Print the data below exactly, but only the lines from the one containing "self.sleep(rt, serving);" down to the one containing "the value's history.", inclusive.

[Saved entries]
________

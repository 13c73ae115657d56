//! Refusals as rows show them: as in their stop line.
use std::alloc::{AllocError, Global};
use text_model::OptionsRefusal;

/// The refusal's name and its path.
pub(crate) fn refused(alloc: Global, refusal: &OptionsRefusal) -> Result<String, AllocError> {
    match refusal {
        OptionsRefusal::Toml => String::from_str(alloc, "Toml"),
        OptionsRefusal::Unknown { path } => format!(in alloc; "Unknown {}", path.as_str()),
        OptionsRefusal::Missing { path } => format!(in alloc; "Missing {}", path.as_str()),
        OptionsRefusal::Field { path } => format!(in alloc; "Field {}", path.as_str()),
        OptionsRefusal::Name { path } => format!(in alloc; "Name {}", path.as_str()),
        OptionsRefusal::Range { path } => format!(in alloc; "Range {}", path.as_str()),
        OptionsRefusal::NoMemory => String::from_str(alloc, "NoMemory"),
    }
}
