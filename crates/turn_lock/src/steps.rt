//! The steps of one pass on the words of the lock: it draws a ticket, looks until that is served, raises the
//! count, and passes the turn on. A thread that waits sleeps after some looks, and then burns no processor.
ghost use Rattle.std.specs.Prelude.{◌≡◌, ℕ, ◌<◌, []};
ghost use Rattle.turn_lock.specs.declared.view.Stage.TheVariants.{Idle};
ghost use Rattle.turn_lock.specs.View.{staged};
ghost use Rattle.turn_lock.specs.Steps.{Awaits, GetsTicket, Takes, MayRaise, Counts, MayGoHome};

use crate::plays::{Draw, Look, PassOn, Raise};
use crate::rule::{COUNT, SERVING, TICKET};
use crate::view::Knows;
use crate::{Kept, Turn};
use atomic_table::Seat;
use std::hint;
use std::sync::Wait;

// How often a thread that waits looks before it sleeps. To be woken takes as long as some hundred turns.
const LOOKS: u32 = 2_000;

// How often one looks that is next in line, and would have to be woken at once.
const LAST_LOOKS: u32 = 50_000;

// The bits of a word on which threads sleep.
const LOW_HALF: u64 = 0xffff_ffff;

impl<V: Kept> Turn<V> {
    // Draws a ticket, and returns its remainder modulo 2 ^ 64.
    pub(crate) fn draw(&self, seat: &mut Seat<Option<V>, Knows<V::Item>>) -> u64
        requires table { seat.old.table_id ≡ self.now.table.shared.table_id }
        requires idle { seat.old.me.0.stage ≡ Idle }
        requires rights { 0 < seat.old.me.0.rights }
        ensures table { seat.new.table_id ≡ seat.old.table_id }
        ensures ticket { GetsTicket result seat.old.me seat.new.me }
    {
        self.table.shared.fetch_add::<Draw>(seat, TICKET, 1)
    }

    // Waits until the ticket is served. The slot is then out with the pass.
    pub(crate) fn wait<R: Wait>(
        &self,
        rt: &R,
        seat: &mut Seat<Option<V>, Knows<V::Item>>,
        ticket: u64,
    )
        requires table { seat.old.table_id ≡ self.now.table.shared.table_id }
        requires waits { Awaits ticket seat.old.me }
        ensures table { seat.new.table_id ≡ seat.old.table_id }
        ensures takes { (t : ℕ) × Takes V.list t seat.old.me seat.new.me }
    {
        let mut looks = 0;
        for _ in rt.forever() {
            let serving = self.table.shared.load::<Look>(seat, SERVING);
            if serving == ticket {
                return;
            }
            let most = if serving.wrapping_add(1) == ticket {
                LAST_LOOKS
            } else {
                LOOKS
            };
            if looks < most {
                looks += 1;
                hint::spin_loop();
            } else {
                self.sleep(rt, serving);
            }
        }
        unreachable!()
    }

    // Sleeps unless another ticket than `serving` is served by now. A thread waits for a ticket less than 2 ^ 32
    // ahead, so the low half of the word tells.
    fn sleep<R: Wait>(&self, rt: &R, serving: u64) {
        let low = (serving & LOW_HALF) as u32;
        self.table.shared.park(rt, SERVING, low);
    }

    // Counts the items that the holder added, none among them. The pass has then seen the value's history.
    pub(crate) fn raise(&self, seat: &mut Seat<Option<V>, Knows<V::Item>>, more: u64)
        requires table { seat.old.table_id ≡ self.now.table.shared.table_id }
        requires holds { MayRaise V.list more seat.old.me }
        ensures table { seat.new.table_id ≡ seat.old.table_id }
        ensures counts { Counts V.list more seat.old.me seat.new.me }
    {
        self.table.shared.fetch_add::<Raise>(seat, COUNT, more);
    }

    // Lets the next ticket be served, and gives the slot back.
    pub(crate) fn pass_on(&self, seat: &mut Seat<Option<V>, Knows<V::Item>>)
        requires table { seat.old.table_id ≡ self.now.table.shared.table_id }
        requires holds { MayGoHome V.list seat.old.me }
        ensures table { seat.new.table_id ≡ seat.old.table_id }
        ensures idle { seat.new.me.0 ≡ staged Idle seat.old.me.0 }
        ensures slots { seat.new.me.1 ≡ [] }
    {
        let served = self.table.shared.fetch_add::<PassOn>(seat, SERVING, 1);
        self.wake(served);
    }

    // Wakes all who sleep, if a ticket after `served` is drawn: they sleep on one word, and each looks whether it
    // is its turn. A ticket drawn later finds the new number at its first look.
    fn wake(&self, served: u64) {
        if self.table.shared.peek(TICKET) != served.wrapping_add(1) {
            self.table.shared.wake_all(SERVING);
        }
    }
}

________

*Response box*.
                self.sleep(rt, serving);
            }
        }
        unreachable!()
    }

    // Sleeps unless another ticket than `serving` is served by now. A thread waits for a ticket less than 2 ^ 32
    // ahead, so the low half of the word tells.
    fn sleep<R: Wait>(&self, rt: &R, serving: u64) {
        let low = (serving & LOW_HALF) as u32;
        self.table.shared.park(rt, SERVING, low);
    }

    // Counts the items that the holder added, none among them. The pass has then seen the value's history.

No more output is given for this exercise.